Дети разбитого зеркала. На восток - страница 48

стр.

А что говорит упрямство? Фран знала, что будет сопротивляться любой ценой. Для этого следует изучить свои возможности. Может, с этим она ещё не опоздала. В конце концов, род человеческий отвратителен не поголовно — мало в чём она была так уверена и эта уверенность слегка успокаивала.


Фран заставила себя выползти из библиотеки и теперь сидела в пустом зале, медитируя над отличного качества жёлтой восковой свечой — весьма ценным имуществом по меркам рыбацкой деревни. Впервые за много лет она не боялась. Страх — очень плохое оружие, а ей приходилось быть разборчивой. Пропасть людских судеб зависит от того, найдёт ли она в себе силу и сможет ли с ней совладать.

Её душа вышла из укрытия и теперь как бы стояла посреди чистого поля, насквозь продуваемого потусторонними ветрами. Воздушные голоса шептали ей что-то наперебой, и каждый из них мог рассказать свою историю, но её интересовало только одно — способ воспламенить маленький язычок фитиля, угодив тем самым старому еретику и открыв себе путь к спасению. И вскоре она получила ответ. «Так просто?» — удивилась Фран, запоминая необходимое умственное упражнение. «А как ты хотела?» — запели воздушные голоса, — «Ты и магия — как ручей и вода»…

И тут, без предупреждения, без какого-либо намёка на предчувствие беды, на Фран обрушивается главный кошмар её жизни — видение Чёрной Волны. Только на этот раз окружающий пейзаж неузнаваемо преображается.

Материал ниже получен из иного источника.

//! Places that are dropped one after another, up to an end of the same object, stand in the list of
//! that end in fewer words.

use crate::covers::{cover_len, events_from};
use derivation::{Event, Log, Recorder};
use geo_conditions::ObjId;

// Whether a list of covers that begins with this event names only places behind that one.
fn begins_behind(list: Option<&Event>, place: u8) -> bool {
    match list {
        Some(Event::EndCovers) => true,
        Some(Event::Cover(first)) => place < *first,
        _ => false,
    }
}

// Where the events drop places of the object, in order, and then say that it has no point, at none
// of the later places: the index of the event that says so.
fn run_end(events: &[Event], o: ObjId) -> Option<usize> {
    let mut next: usize = 0;
    let mut last = 0;
    for (at, e) in events.iter().enumerate() {
        if next <= at {
            match e {
                Event::Drop(u, place) if *u == o && last < *place => {
                    last = *place;
                    let cover = cover_len(events_from(events, at + 1));
                    next = cover.saturating_add(at + 1);
                }
                Event::Gone(u) if *u == o && begins_behind(events.get(at + 1), last) => {
                    return Some(at);
                }
                _ => return None,
            }
        }
    }
    None
}

/// An end's list that is being put in the place of drops: the event that belongs at the next index,
/// and the index of the end.
#[derive(Clone, Copy)]
struct Shift {
    held: Event,
    end: usize,
}

// Where the event at the index drops a place and begins such a run: the end comes first.
fn shift_at(events: &[Event], at: usize) -> Option<Shift> {
    match events.get(at) {
        Some(Event::Drop(o, _)) => match run_end(events_from(events, at), *o) {
            Some(length) => Some(Shift {
                held: Event::Gone(*o),
                end: length.saturating_add(at),
            }),
            None => None,
        },
        _ => None,
    }
}

// Inside of a list of covers a place is not dropped, but covered.
fn as_cover(e: Event) -> Event {
    match e {
        Event::Drop(_, place) => Event::Cover(place),
        _ => e,
    }
}

// Writes the held event at the index, and holds the one that stood there; none at the end.
fn write_held(log: &mut Log, at: usize, state: Shift) -> Option<Shift> {
    let events = log.events();
    if at >= events.len() {
        return None;
    }
    let next = as_cover(events[at]);
    log.set(at, state.held);
    if at < state.end {
        Some(Shift {
            held: next,
            end: state.end,
        })
    } else {
        None
    }
}

/// Puts an end's own list in the place of the drops in front of it: the end moves to the front of
/// them.
pub fn join_ends(log: &mut Log) {
    let mut state: Option<Shift> = None;
    for at in 0..log.events().len() {
        let here = match state {
            Some(run) => Some(run),
            None => shift_at(log.events(), at),
        };
        state = match here {
            Some(run) => write_held(log, at, run),
            None => None,
        };
    }
}
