//! Faults of numbers and ranges.

ghost use Rattle.std.specs.Prelude.{◌≡◌, ◌↔◌, IsTrue};
ghost use Rattle.problem_data.specs.Limits.{IsSmall, IsSize};
ghost use Rattle.problem_data.specs.Least.{fault, IsLeast};
ghost use Rattle.geo_tokens.specs.declared.fault.FaultWord.TheVariants.{Limit};
ghost use Rattle.problem_data.specs.Faults.{first_place, int_place, range_place, OffsetFault, SizeFault, OffsetsFault, SizesFault, UpsideDown, RangeFault, RangesFault};

use crate::each::{FindFault, each_fault};
use geo_tokens::fault::FaultWord;
use problem_data::fault::{Fault, earlier, fault_if};
use problem_data::tree::{Int, RangeText};

/// A list of this length has not exactly k members; its first token is at the place.
pub fn miscount(k: usize, len: usize, place: u64) -> Option<Fault>
    ensures { IsLeast (λ f. (len ≡ k → ⊥) × (f ≡ fault place Limit)) result }
{
    fault_if(len != k, place, FaultWord::Limit)
}

fn is_small(value: i64) -> bool
    ensures { IsTrue result ↔ IsSmall value }
{
    -1_000_000 <= value && value <= 1_000_000
}

fn is_size(value: i64) -> bool
    ensures { IsTrue result ↔ IsSize value }
{
    1 <= value && value <= 1_000_000
}

fn offset_fault(number: Int) -> Option<Fault>
    ensures { IsLeast (OffsetFault number) result }
{
    let small = is_small(number.value);
    fault_if(!small, number.place, FaultWord::Limit)
}

fn size_fault(number: Int) -> Option<Fault>
    ensures { IsLeast (SizeFault number) result }
{
    let size = is_size(number.value);
    fault_if(!size, number.place, FaultWord::Size)
}

// Finds a number that is no offset.
#[derive(Clone, Copy)]
struct Offsets;

impl FindFault<Int> for Offsets {
    ghost IsFaultOf = { λ _. OffsetFault };

    fn fault_of(&self, item: &Int) -> Option<Fault> {
        offset_fault(*item)
    }
}

// Finds a number that is no size.
#[derive(Clone, Copy)]
struct Sizes;

impl FindFault<Int> for Sizes {
    ghost IsFaultOf = { λ _. SizeFault };

    fn fault_of(&self, item: &Int) -> Option<Fault> {
        size_fault(*item)
    }
}

/// The place of the first number, and 0 where there is none.
pub fn first_int(numbers: &[Int]) -> u64
    ensures { result ≡ first_place int_place numbers.now }
{
    match numbers {
        [first, ..] => first.place,
        [] => 0,
    }
}

/// The first fault of the offsets of a box.
pub fn offsets_fault(k: usize, numbers: &[Int]) -> Option<Fault>
    ensures { IsLeast (OffsetsFault k numbers.now) result }
{
    let count = miscount(k, numbers.len(), first_int(numbers));
    let each = each_fault(&Offsets, numbers);
    earlier(count, each)
}

/// The first fault of the sizes of a box.
pub fn sizes_fault(k: usize, numbers: &[Int]) -> Option<Fault>
    ensures { IsLeast (SizesFault k numbers.now) result }
{
    let count = miscount(k, numbers.len(), first_int(numbers));
    let each = each_fault(&Sizes, numbers);
    earlier(count, each)
}

fn upside_down(range: &RangeText) -> Option<Fault>
    ensures { IsLeast (UpsideDown range.now) result }
{
    fault_if(
        range.high.value < range.low.value,
        range.low.place,
        FaultWord::Range,
    )
}

pub fn range_fault(range: &RangeText) -> Option<Fault>
    ensures { IsLeast (RangeFault range.now) result }
{
    let low = offset_fault(range.low);
    let high = offset_fault(range.high);
    let turned = upside_down(range);
    let others = earlier(high, turned);
    earlier(low, others)
}

// Finds the first fault of a range.
#[derive(Clone, Copy)]
struct Ranges;

impl FindFault<RangeText> for Ranges {
    ghost IsFaultOf = { λ _. RangeFault };

    fn fault_of(&self, item: &RangeText) -> Option<Fault> {
        range_fault(item)
    }
}

/// The place of the first range, and 0 where there is none.
pub fn first_range(ranges: &[RangeText]) -> u64
    ensures { result ≡ first_place range_place ranges.now }
{
    match ranges {
        [first, ..] => first.low.place,
        [] => 0,
    }
}

/// The first fault of the ranges of `within`.
pub fn ranges_fault(k: usize, ranges: &[RangeText]) -> Option<Fault>
    ensures { IsLeast (RangesFault k ranges.now) result }
{
    let count = miscount(k, ranges.len(), first_range(ranges));
    let each = each_fault(&Ranges, ranges);
    earlier(count, each)
}
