//! What of a state a part of a derivation leans on.

use geo_conditions::{Cond, Form, ObjId};

/// A set of objects, one bit for each number below 256, which is more than there can be.
#[derive(Clone, Copy)]
struct ObjectSet {
    words: [u64; 4],
}

impl ObjectSet {
    fn has(&self, o: ObjId) -> bool {
        match self.words.get((o.0 / 64) as usize) {
            Some(word) => (*word >> (o.0 % 64) as u32) & 1 == 1,
            None => false,
        }
    }

    fn insert(&mut self, o: ObjId) {
        let word = (o.0 / 64) as usize;
        if word < 4 {
            self.words[word] |= 1 << (o.0 % 64) as u32;
        }
    }

    fn remove(&mut self, o: ObjId) {
        let word = (o.0 / 64) as usize;
        if word < 4 {
            self.words[word] &= !(1 << (o.0 % 64) as u32);
        }
    }

    fn join(&mut self, other: &ObjectSet) {
        for word in 0..4 {
            self.words[word] |= other.words[word];
        }
    }
}

/// What is known of an object: its places, and in a dimension the low end or the high end.
#[derive(Clone, Copy)]
pub enum Aspect {
    Places,
    Low(usize),
    High(usize),
}

/// Aspects of objects: for each aspect a set of objects. No object has an aspect of a dimension
/// that is not there.
#[derive(Clone, Copy)]
pub struct Leans<const K: usize> {
    places: ObjectSet,
    lows: [ObjectSet; K],
    highs: [ObjectSet; K],
}

impl<const K: usize> Leans<K> {
    /// Nothing.
    pub fn new() -> Leans<K> {
        let none = ObjectSet { words: [0; 4] };
        Leans {
            places: none,
            lows: [none; K],
            highs: [none; K],
        }
    }

    /// Whether this aspect of the object is there.
    pub fn has(&self, o: ObjId, aspect: Aspect) -> bool {
        match aspect {
            Aspect::Places => self.places.has(o),
            Aspect::Low(d) => d < K && self.lows[d].has(o),
            Aspect::High(d) => d < K && self.highs[d].has(o),
        }
    }

    /// Puts an aspect of the object in.
    pub fn insert(&mut self, o: ObjId, aspect: Aspect) {
        match aspect {
            Aspect::Places => self.places.insert(o),
            Aspect::Low(d) if d < K => self.lows[d].insert(o),
            Aspect::High(d) if d < K => self.highs[d].insert(o),
            _ => {}
        }
    }

    /// Takes an aspect of the object out.
    pub fn remove(&mut self, o: ObjId, aspect: Aspect) {
        match aspect {
            Aspect::Places => self.places.remove(o),
            Aspect::Low(d) if d < K => self.lows[d].remove(o),
            Aspect::High(d) if d < K => self.highs[d].remove(o),
            _ => {}
        }
    }

    /// Takes the places of the object out, and leaves all its ends in.
    pub fn lean_on_ends(&mut self, o: ObjId) {
        self.places.remove(o);
        for d in 0..K {
            self.lows[d].insert(o);
            self.highs[d].insert(o);
        }
    }

    /// Puts in what another set has.
    pub fn join(&mut self, other: &Leans<K>) {
        self.places.join(&other.places);
        for d in 0..K {
            self.lows[d].join(&other.lows[d]);
            self.highs[d].join(&other.highs[d]);
        }
    }

    // The least value of a form lies at the low ends of coordinates with a positive factor, and at
    // the high ends of the others.
    fn insert_form(&mut self, f: &Form) {
        for term in f.terms() {
            if term.factor < 0 {
                self.insert(term.object, Aspect::High(term.dimension));
            } else {
                self.insert(term.object, Aspect::Low(term.dimension));
            }
        }
    }

    /// Puts in what it takes to refute the condition.
    pub fn insert_refuted(&mut self, c: &Cond) {
        match c {
            Cond::Lin(f) => self.insert_form(f),
            Cond::Shape(o, _) => self.insert(*o, Aspect::Places),
            Cond::NotShape(o, _) => self.insert(*o, Aspect::Places),
            Cond::AtLeast(_, children) => {
                for child in children.as_slice() {
                    self.insert_refuted(child);
                }
            }
        }
    }
}
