//! Refuted boxes that were found before.
//!
//! What is found of a condition that names one object beside the one that is covered stays so for
//! as long as nothing changes that is left to that other object.

use crate::refuted_boxes::{Others, RefutedBoxes};
use geo_conditions::ObjId;
use std::alloc::{AllocError, Global};

/// The most findings that are kept.
const MOST_KEPT: usize = 4096;

/// On which boxes of an object at a place a condition is refuted, and the version of what was left to
/// the other object that was asked for, where it was one.
#[derive(Clone, Copy)]
pub struct Found<const K: usize> {
    pub number: u32,
    pub object: ObjId,
    pub place: u8,
    pub others: Others,
    pub version: u64,
    pub boxes: RefutedBoxes<K>,
}

// The version that a finding holds for: any, where no other object was asked for; none, where there
// were several.
fn version_of(others: Others, versions: &[u64]) -> Option<u64> {
    match others {
        Others::None => Some(0),
        Others::One(o) => versions.get(o.0 as usize).copied(),
        Others::Many => None,
    }
}

// Where findings of a condition with the object belong.
fn slot_of(number: u32, object: ObjId) -> usize {
    let twice = (number as usize).wrapping_mul(2);
    twice.wrapping_add(object.0 as usize) % MOST_KEPT
}

/// Findings, each in a place of its own, from which a later one may drive it out.
pub struct Recalled<const K: usize> {
    found: Vec<Found<K>>,
}

impl<const K: usize> Drop for Recalled<K> {
    fn drop(self) {
        let Recalled { found: _found } = self;
    }
}

impl<const K: usize> Recalled<K> {
    /// Nothing yet of so many conditions.
    pub fn start(alloc: Global, conditions: usize) -> Result<Recalled<K>, AllocError> {
        let nothing = Found {
            number: 0,
            object: ObjId(0),
            place: 0,
            others: Others::None,
            version: 0,
            boxes: RefutedBoxes::Never,
        };
        let most = conditions.saturating_mul(2).min(MOST_KEPT);
        Ok(Recalled {
            found: vec![in alloc; nothing; most]?,
        })
    }

    /// What was found of a condition with the object at the place, where that still holds.
    pub fn get(
        &self,
        number: u32,
        object: ObjId,
        place: u8,
        versions: &[u64],
    ) -> Option<RefutedBoxes<K>> {
        let found = self.found.get(slot_of(number, object))?;
        let version = version_of(found.others, versions)?;
        let is_of_it = found.number == number && found.object.0 == object.0 && found.place == place;
        (is_of_it && found.version == version).then_some(found.boxes)
    }

    /// Keeps a finding, where it can be recalled.
    pub fn keep(&mut self, found: Found<K>, versions: &[u64]) {
        let slot = slot_of(found.number, found.object);
        if slot < self.found.len() {
            if let Some(version) = version_of(found.others, versions) {
                self.found[slot] = found;
                self.found[slot].version = version;
            }
        }
    }
}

Фран, в общем-то, понимает, что Чёрная Волна не обязательно связана с морем. Если какое-то явление грозит уничтожить весь мир, то и суши оно неминуемо коснётся.

И теперешнее видение высоко возносит Фран над пустынной равниной, раскинувшейся до самого горизонта. С крепостной стены открывается вид на необозримую даль, заполненную изготовившимся к битве войском. То здесь, то там алеют варварские знамёна — пучки крашеных лошадиных хвостов на высоких древках. Внимание Фран привлекает блеснувшая где-то золотая искра. Сверхъестественно обострившимся зрением ей удаётся разглядеть крошечную фигурку владыки пустыни, словно отлитую вместе с конём из одного куска жёлтого металла. С тяжёлым сердцем она смотрит на всадника, пока безотчётная ненависть не застилает ей взор радужной дымкой. И только потеряв Роксахора из виду, Фран замечает, что небо над горизонтом начинает наливаться нехорошим подозрительным сумраком, а ветер стремительно усиливается.

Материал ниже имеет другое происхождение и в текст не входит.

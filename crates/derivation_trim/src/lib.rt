//! Shorter derivations: what no later step leans on is left out, and covers are cut into fewer
//! pieces.
//!
//! No clause says that what comes out is valid. Who prints it asks `is_derivation` of
//! `derivation_check`, whose yes is proved, and keeps the longer one where it says no.
#![tactic(auto)]

mod covers;
mod joins;
mod leans;
mod needed;
mod reach;
mod recalled;
mod refuted_boxes;
mod shorten;
mod walk;

pub use shorten::shortened;
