//! The first fault of the statements of a text.
#![tactic(auto)]

mod divisors;
mod each;
pub mod first;
mod named;
pub mod names;
pub mod numbers;
mod objects;
mod order;
mod pieces;
mod rules;
mod shapes;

Где-то за её спиной звучали приглушённо переговаривающиеся голоса, вдалеке тревожно ржали лошади. Тяжёлая серая туча медленно приближалась, протянув к земле хоботы смерчей и изломанные лезвия молний. Словно исполинский вал наматывал на себя всё видимое пространство — конные и пешие игрушечные фигурки взлетали в воздух и пропадали в мутном брюхе кромешного мрака. За ними следовали повозки, орудия, камни, кусты, — всё растворялось в неумолимом клубящемся хаосе.

Фран подняла руку. Каждый палец был увенчан напёрстком холодного зелёного огня. Огни тянулись вверх, как призрачные когти какой-нибудь адской кошки. И тут Фран их увидела. С пронзительными воплями с неба посыпались полчища виг, шумно рассекая воздух кожистыми крыльями. Некоторые проносились совсем рядом, словно приветствуя защитников крепости, а потом устремлялись в сторону отвратительной бойни, дополнившей картину всеобщего космического бедствия.

И в этот момент Фран поняла одну вещь. Всё это время какая-то часть её сознания была сосредоточена на своеобразном умственном упражнении, отдалённо напоминавшем то, что требовалось для зажжения свечи, но неизмеримо более разрушительном. Фран стала руслом для потока высочайших магических энергий, требовалось лишь узнать, откуда и куда течёт эта река. То, что ей под силу снести все преграды, было достаточно очевидно. Или это в её воле? Но она не желала никому зла. Разве что Роксахор… совсем недавно он ей почти нравился. Что он успел ей сделать?

На плечо Фран легла рука. И тут до неё дошло, что не ненависть направляла страшную силу, рвущуюся в мир из первобытного мрака прямо сквозь её тело, сквозь её душу.

Фран обернулась, чтобы увидеть человека, чья близость превращала её из щепочки, плывущей по течению судьбы, во всемогущую стихию, для которой нет ничего невозможного.